Toward the end of the afternoon, I start thinking about getting the prescription filled, and decide to see what the Aetna Web site says it will cost. I also decide to check out the other drug that he just gave me some samples of, Nexium. That one is a test to see if it affects the chest/throat pain that started all this round of doctors and tests (and to some extent, the incentive for the weight loss attempt).

The Aetna site's Price-A-Drug is not very informative: it won't give me a cost, because neither of these drugs are allowed under my health plan.
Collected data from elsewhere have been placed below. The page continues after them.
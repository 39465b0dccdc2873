//! Leases that come, change and go.
ghost use Rattle.std.specs.Prelude.{◌≡◌, ◌%◌, None, IfOk, OnOk, OnErr, IsSome, count_by};
ghost use Rattle.std.specs.Ordering.{nat_cmp};
ghost use Rattle.std.specs.BTreeMap.{get, values};
ghost use Rattle.ordered_index.specs.Ended.{has_ended, IsOneEnded};
ghost use Rattle.ordered_index.specs.MapSteps.{HasEntry};
ghost use Rattle.ordered_index.specs.Steps.{IsBlank, Appends, Replaces, Forgets, Stays};

use crate::expires::Expires;
use crate::maps::{insert_both, insert_other, remove_from, remove_other};
use crate::numbered::Numbered;
use crate::slots::{MOST_SLOTS, Slots};
use pcp_base::{Memory, Moment};
use std::alloc::Global;
use std::collections::BTreeMap;

impl<L: Expires + Drop, K: Ord + Copy, P: Ord + Copy> Numbered<L, K, P> {
    /// No lease. The one error is want of memory.
    pub fn new(alloc: Global) -> Result<Numbered<L, K, P>, Memory>
        ensures { IfOk result (λ it. IsBlank K.cmp P.cmp it) }
    {
        let leases = Slots::new(alloc)?;
        Ok(Numbered {
            next: 0,
            leases,
            keys: BTreeMap::new(alloc),
            ports: BTreeMap::new(alloc),
        })
    }

    /// Forgets all leases. It takes no memory.
    pub fn clear(&mut self)
        ensures { IsBlank K.cmp P.cmp self.new }
    {
        self.next = 0;
        self.leases.clear();
        self.keys.clear();
        self.ports.clear();
    }

    /// Appends a lease under a key and a port that have none, and gives its number. The one error is
    /// want of memory, of slots or of numbers, which changes nothing.
    pub fn append(&mut self, lease: L, key: K, port: P) -> Result<u64, Memory>
        requires step { self.old.next % MOST_SLOTS ≡ 0 }
        requires key { get K.cmp self.old.keys key ≡ None }
        requires port { get P.cmp self.old.ports port ≡ None }
        ensures ok { IfOk result (λ number.
            Appends K.cmp P.cmp self.old self.new lease key port number) }
        ensures err { OnErr result (Stays self.old self.new) }
    {
        let Some(after) = self.next.checked_add(MOST_SLOTS) else {
            return Err(Memory);
        };
        let number = self.leases.append(self.next, lease)?;
        if let Err(error) = insert_both(
            &mut self.keys,
            &mut self.ports,
            (key, number),
            (port, number),
        ) {
            self.leases.remove(&number);
            return Err(error.into());
        }
        self.next = after;
        Ok(number)
    }

    /// Writes a lease at a number that has one with this key: its port moves from the first to the
    /// second; one that stays isn't touched. The one error is want of memory, which changes nothing.
    pub fn replace(&mut self, number: u64, lease: L, ports: (P, P)) -> Result<(), Memory>
        requires there { IsSome (get nat_cmp self.old.leases number) }
        requires port { HasEntry P.cmp self.old.ports ports.0 number }
        ensures ok { OnOk result
            (Replaces P.cmp self.old self.new number lease ports.0 ports.1) }
        ensures err { OnErr result (Stays self.old self.new) }
    {
        let (from, to) = ports;
        insert_other(&mut self.ports, from, to, number)?;
        remove_other(&mut self.ports, from, to);
        self.leases.overwrite(number, lease);
        Ok(())
    }

    /// Takes out the lease with a number, and the number under this key and port.
    pub fn forget(&mut self, number: u64, key: K, port: P)
        ensures { Forgets K.cmp P.cmp self.old self.new number key port }
    {
        self.leases.remove(&number);
        remove_from(&mut self.keys, key);
        remove_from(&mut self.ports, port);
    }

    /// How many leases have an expiry of at most `m`. It looks at the blocks of slots in which one
    /// has alone.
    pub fn ended(&self, m: Moment) -> usize
        ensures { result ≡ count_by (has_ended L.expiry m) (values self.now.leases) }
    {
        self.leases.ended(m.get())
    }

    /// The number of one of the leases that expire first, where their expiry is at most `m`. It
    /// looks at one block of slots.
    pub fn one_ended(&self, m: Moment) -> Option<u64>
        ensures { IsOneEnded L.expiry m self.now.leases result }
    {
        self.leases.one_ended(m.get())
    }
}
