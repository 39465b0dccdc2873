//! Steps over one ordered map or two.
ghost use Rattle.std.specs.Prelude.{◌≡◌, OnOk, OnErr, IsSome};
ghost use Rattle.std.specs.BTreeMap.{IsOrdered, get};
ghost use Rattle.ordered_index.specs.MapSteps.{HasEntry, Enters, Inserts, Overwrites, Removes, restored, without_other};

use std::alloc::AllocError;
use std::collections::BTreeMap;

/// Puts back what a key had before a value was inserted there.
fn restore<K: Ord + Copy, V: Copy>(map: &mut BTreeMap<K, V>, key: K, old: Option<V>)
    requires { IsSome (get K.cmp map.old key) }
    ensures { map.new.entries ≡ restored K.cmp key old map.old.entries }
{
    match old {
        Some(value) => overwrite(map, key, value),
        None => {
            map.remove(&key);
        }
    }
}

/// Inserts a value under a key.
pub(crate) fn insert_into<K: Ord + Copy, V: Copy>(
    map: &mut BTreeMap<K, V>,
    key: K,
    value: V,
) -> Result<(), AllocError>
    ensures ok { OnOk result (Inserts K.cmp map.old map.new key value) }
    ensures err { OnErr result (map.new.entries ≡ map.old.entries) }
{
    map.insert(key, value)?;
    Ok(())
}

/// Inserts into both maps, or into neither.
pub(crate) fn insert_both<A: Ord + Copy, X: Copy, B: Ord + Copy, Y: Copy>(
    first: &mut BTreeMap<A, X>,
    second: &mut BTreeMap<B, Y>,
    first_entry: (A, X),
    second_entry: (B, Y),
) -> Result<(), AllocError>
    ensures first { OnOk result (Inserts A.cmp first.old first.new first_entry.0 first_entry.1) }
    ensures second { OnOk result
        (Inserts B.cmp second.old second.new second_entry.0 second_entry.1) }
    ensures first_stays { OnErr result (first.new.entries ≡ first.old.entries) }
    ensures second_stays { OnErr result (second.new.entries ≡ second.old.entries) }
{
    let (first_key, first_value) = first_entry;
    let (second_key, second_value) = second_entry;
    let old = first.insert(first_key, first_value)?;
    if let Err(error) = second.insert(second_key, second_value) {
        restore(first, first_key, old);
        return Err(error.into());
    }
    Ok(())
}

/// Inserts a value that stands under one key under another, if that is another.
pub(crate) fn insert_other<K: Ord + Copy, V: Copy>(
    map: &mut BTreeMap<K, V>,
    from: K,
    to: K,
    value: V,
) -> Result<(), AllocError>
    requires { HasEntry K.cmp map.old from value }
    ensures enters { OnOk result (Enters K.cmp map.old map.new to value) }
    ensures err { OnErr result (map.new.entries ≡ map.old.entries) }
{
    if from.cmp(&to).is_eq() {
        return Ok(());
    }
    map.insert(to, value)?;
    Ok(())
}

/// Writes another value under a key that has one.
fn overwrite<K: Ord + Copy, V: Copy>(map: &mut BTreeMap<K, V>, key: K, value: V)
    requires { IsSome (get K.cmp map.old key) }
    ensures { Overwrites K.cmp map.old map.new key value }
{
    if let Some(place) = map.get_mut(&key) {
        *place = value;
    }
}

/// Takes out the entry of a key.
pub(crate) fn remove_from<K: Ord + Copy, V: Copy>(map: &mut BTreeMap<K, V>, key: K) -> Option<V>
    ensures value { result ≡ get K.cmp map.old key }
    ensures removed { Removes K.cmp map.old map.new key }
{
    map.remove(&key)
}

/// Takes out the entry of a key where it isn't the other one.
pub(crate) fn remove_other<K: Ord + Copy, V: Copy>(map: &mut BTreeMap<K, V>, from: K, to: K)
    ensures entries { map.new.entries ≡ without_other K.cmp from to map.old.entries }
    ensures ordered { IsOrdered K.cmp map.old → IsOrdered K.cmp map.new }
{
    if from.cmp(&to).is_ne() {
        map.remove(&from);
    }
}
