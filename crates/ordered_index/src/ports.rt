//! The lesser of two ports.
ghost use Rattle.std.specs.Prelude.{◌≡◌};
ghost use Rattle.ordered_index.specs.Lesser.{lesser};

/// The lesser of two ports, of which each may be missing.
pub fn lesser(first: Option<u16>, second: Option<u16>) -> Option<u16>
    ensures { result ≡ lesser first second }
{
    match (first, second) {
        (Some(a), Some(b)) => if a <= b { Some(a) } else { Some(b) },
        (Some(a), None) => Some(a),
        (None, b) => b,
    }
}
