//! Which slots have a lease that has ended, by the least expiry of each block of them.

ghost use Rattle.std.specs.Prelude.{◌≡◌, ◌≢◌, ◌<◌, ◌≤◌, ◌+◌, ◌*◌, ◌/◌, ℕ, true, false, if◌then◌else◌, is_some, length, Some, IfSome, IfNone};
ghost use Rattle.slab.specs.Slab.{get};
ghost use Rattle.expiry_wheel.specs.Blocks.{least_at, AreLeasts};
ghost use Rattle.expiry_wheel.specs.declared.TheConstants.{NEVER};
ghost use Rattle.ordered_index.specs.declared.slots.TheConstants.{BLOCKS, MOST_SLOTS};
ghost use Rattle.ordered_index.specs.Ended.{has_ended};
ghost use Rattle.ordered_index.specs.Slots.{held_below, holds, moment_at};

use crate::expires::Expires;
use crate::slots::{BLOCKS, MOST_SLOTS};
use expiry_wheel::{Leasts, NEVER};
use slab::Slab;

/// How many slots a block has.
const BLOCK: usize = 8;

/// The expiry of what stands in a slot, `NEVER` where nothing does.
pub(crate) fn moment_at<L: Expires>(slots: &Slab<(u64, L)>, slot: usize) -> u64
    ensures moment { result ≡ moment_at L.expiry slots.now slot }
    ensures low { result ≤ NEVER }
{
    let Some(entry) = slots.get(slot) else {
        return NEVER;
    };
    let (_, lease) = entry;
    lease.expires_at()
}

/// The least of the expiries in a block.
fn least_of<L: Expires>(slots: &Slab<(u64, L)>, block: usize) -> u64
    requires { block < BLOCKS }
    ensures { result ≡ least_at (moment_at L.expiry slots.now) (8 * block) 8 }
{
    let mut least = NEVER;
    for i in 0..BLOCK {
        least = least.min(moment_at(slots, BLOCK * block + i));
    }
    least
}

/// Sees to the least expiry of a slot's block, where another moment stands in the slot than was
/// there. It looks through the block only where its least may have gone.
pub(crate) fn tell_least<L: Expires>(
    slots: &Slab<(u64, L)>,
    leasts: &mut Leasts,
    slot: usize,
    was: u64,
)
    requires slot { slot < MOST_SLOTS }
    requires all { length leasts.old ≡ BLOCKS }
    ensures { (before : ℕ → ℕ) → AreLeasts BLOCKS before leasts.old → before slot ≡ was
        → ((i : ℕ) → i ≢ slot → moment_at L.expiry slots.now i ≡ before i)
        → AreLeasts BLOCKS (moment_at L.expiry slots.now) leasts.new }
{
    let block = slot / BLOCK;
    let moment = moment_at(slots, slot);
    let least = leasts.least_of(block);
    if moment <= least {
        leasts.set_uncounted(block, moment);
        return;
    }
    if was != least {
        return;
    }
    let anew = least_of(slots, block);
    leasts.set_uncounted(block, anew);
}

/// The number of the lease in a slot, if its expiry is at most `m`.
fn ended_at<L: Expires>(slots: &Slab<(u64, L)>, slot: usize, m: u64) -> Option<u64>
    ensures tells { is_some result ≡ holds (has_ended L.expiry m) (get slots.now slot) }
    ensures number { IfSome result (λ n. (l : L) × (get slots.now slot ≡ Some (n, l))) }
{
    let Some(entry) = slots.get(slot) else {
        return None;
    };
    let (number, lease) = entry;
    let expiry = lease.expires_at();
    if m < expiry {
        return None;
    }
    Some(*number)
}

/// The number of the first lease in some slots, from one on up to another that isn't among them,
/// whose expiry is at most `m`.
fn ended_among<L: Expires>(slots: &Slab<(u64, L)>, from: usize, to: usize, m: u64) -> Option<u64>
    ensures number { IfSome result (λ n. (slot : ℕ) × (l : L)
        × (get slots.now slot ≡ Some (n, l)) × (has_ended L.expiry m l ≡ true)) }
    ensures none { IfNone result ((slot : ℕ) → from ≤ slot → slot < to
        → holds (has_ended L.expiry m) (get slots.now slot) ≡ false) }
{
    for slot in from..to {
        let found = ended_at(slots, slot, m);
        if found.is_some() {
            return found;
        }
    }
    None
}

/// The number of one of the leases that expire first, where their expiry is at most `m`.
pub(crate) fn first_ended<L: Expires>(
    slots: &Slab<(u64, L)>,
    leasts: &Leasts,
    m: u64,
) -> Option<u64>
    requires { AreLeasts BLOCKS (moment_at L.expiry slots.now) leasts.now }
    ensures number { IfSome result (λ n. (slot : ℕ) × (l : L)
        × (get slots.now slot ≡ Some (n, l)) × (has_ended L.expiry m l ≡ true)) }
    ensures none { IfNone result ((slot : ℕ) → slot < MOST_SLOTS
        → holds (has_ended L.expiry m) (get slots.now slot) ≡ false) }
{
    if m == NEVER {
        return ended_among(slots, 0, BLOCK * BLOCKS, m);
    }
    let Some(due) = leasts.next_uncounted(m) else {
        return None;
    };
    let from = BLOCK * due.block;
    ended_among(slots, from, from + BLOCK, due.least)
}

/// One for a lease in the slot whose expiry is at most `m`, and none for anything else.
fn count_at<L: Expires>(slots: &Slab<(u64, L)>, slot: usize, m: u64) -> usize
    ensures { result
        ≡ (if holds (has_ended L.expiry m) (get slots.now slot) then 1 else 0) }
{
    let Some(_number) = ended_at(slots, slot, m) else {
        return 0;
    };
    1
}

/// How many leases of a block have an expiry of at most `m`.
fn ended_in<L: Expires>(slots: &Slab<(u64, L)>, block: usize, m: u64) -> usize
    requires { block < BLOCKS }
    ensures ended { held_below (has_ended L.expiry m) slots.now (8 * block) + result
        ≡ held_below (has_ended L.expiry m) slots.now (8 * block + 8) }
    ensures few { result ≤ 8 }
{
    let mut count = 0;
    for i in 0..BLOCK {
        count += count_at(slots, BLOCK * block + i, m);
    }
    count
}

/// How many leases have an expiry of at most `m`. It looks at the blocks in which one has alone.
pub(crate) fn count_ended<L: Expires>(slots: &Slab<(u64, L)>, leasts: &Leasts, m: u64) -> usize
    requires { AreLeasts BLOCKS (moment_at L.expiry slots.now) leasts.now }
    ensures { result ≡ held_below (has_ended L.expiry m) slots.now MOST_SLOTS }
{
    let mut count = 0;
    let mut from = 0;
    while from < BLOCKS {
        let Some(block) = leasts.first_uncounted(from, m) else {
            return count;
        };
        count += ended_in(slots, block, m);
        from = block + 1;
    }
    count
}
Information of a different sort, I guess... The doctor can request a "prior authorization" (somehow I don't think this phrase means what they think it does...) for me to get it, but if he does, the months' supply will probably cost me $80 (still a lot better than retail, I'm sure). I call my doctor's office and relate this to them, give them the phone number of the pharmacy I plan to use, and go back to Stuff.

This evening I got to the pharmacy to see what had transpired, and ended up with a pharmacist who couldn't grasp the concept that she was speaking in an arcane pharmacy/health insurance jargon to me. She finally got across to me that the doctor had called in a prescription for Lipitor to replace the Crestor (OK, fine), and they had filled it, but that it was "paid for" with cash because my insurance was invalid. "Paid for" was finally translated to "how it was marked in our pharmacy computer in terms of insurance"--that took me a while to grasp. Then I had trouble explaining to her the unlikelihood that my employer, the U.S. government, had randomly switched insurance carriers at the first of the year. (For those who don't know, there's a set of insurance options under the Fed. Employees Health Benefits Plan, and each employee gets to choose the coverage and the associated cost that they prefer. Thus I was sure that my health insurer was still my insurer, thankyouverymuch. Along with the evidence that I was logged into my account on their Web site 4 hours before, checking my personalized information.)

After much more of this non-communication, she tried putting the (now unneeded) Crestor prescription into the computer to see what happened. My insurance number again was kicked out as invalid, and she agreed to call the company to ask. Somewhere during that conversation I realized that the pharmacy had both the insurance card number and my birthdate in as identifiers, and that they gotten this information off my card. Bing! I found out this fall that the insurance company had a totally wrong birthdate for me, and got it corrected--but the card still had the bad one. I whispered this to the pharmacist, she changed the date in her computer, and all was copacetic. Although the Lipitor did cost me $40 for a month's supply. Must ask doctor if other statins will do as well for me.

And, if the samples of Nexium do indeed help the mysterious chest pain, I'll have to go repeat this lovely experience shortly.